Wrong. Mirrorless camera focus is even more accurate than DSLR autofocus. Contrast-Detect AF used in mirrorless cameras is handled by a feedback loop reading the sensor and adjusting the lens and so has no alignment issues. Unlike the autofocus system used in DSLRs, it cannot suffer from back or front focusing issues.
Phase-Detect AF used in DSLRs is generally faster since knows which direction it needs to adjust focus and does not need to hunt. Panasonic is trying to achieve similar results by using Depth-From-Defocus to determine the amount of adjustment need to autofocus using Contrast-Detect and close the gap. To some extent, they have managed. The difference between Contrast-Detect and Phase-Detect autofocus in terms of speed is now very small.
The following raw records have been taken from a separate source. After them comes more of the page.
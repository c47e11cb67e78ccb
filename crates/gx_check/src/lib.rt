//! A hierarchy judged: each daughter against her mother, and each pair of daughters, with what shows each verdict.
#![tactic(auto)]

mod check;
mod counts;
mod daughters;
mod error;
mod first;
pub mod laws;
mod selection;
#[cfg(test)]
mod tests;
mod verdict;
mod verdicts;

pub use check::check_tree;
pub use counts::Counts;
pub use error::CheckError;
pub use first::first_refuted;
pub use selection::Selection;
pub use verdict::Verdict;
pub use verdicts::Verdicts;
Both types of systems are equally sensitive. Top DSLRs and mirrorless cameras can autofocus now down to -4 EV which is very very dark.
Many manufacturers of mirrorless cameras now use on-sensor Phase-Detect. While they use the same principal as DSLR Phase-Detect AF, they have more limitations since these are built-into the sensor while DSLRs uses separate specialized units.
Being able to read the sensor while performing autofocus is a significant advantage for mirrorless cameras which can perform Face-Detect, Eye-Detect and other features which are impossible with the Phase-Detect units used by DSLRs, even though when Live-View is engaged, a DSLR behaves the same as a mirrorless and indeed can (but does not always) have the same features as a mirrorless.
Of course both camps are also fighting to improve their systems and we have more and more choice to balance feature, sensitivity, accuracy and speed than ever before.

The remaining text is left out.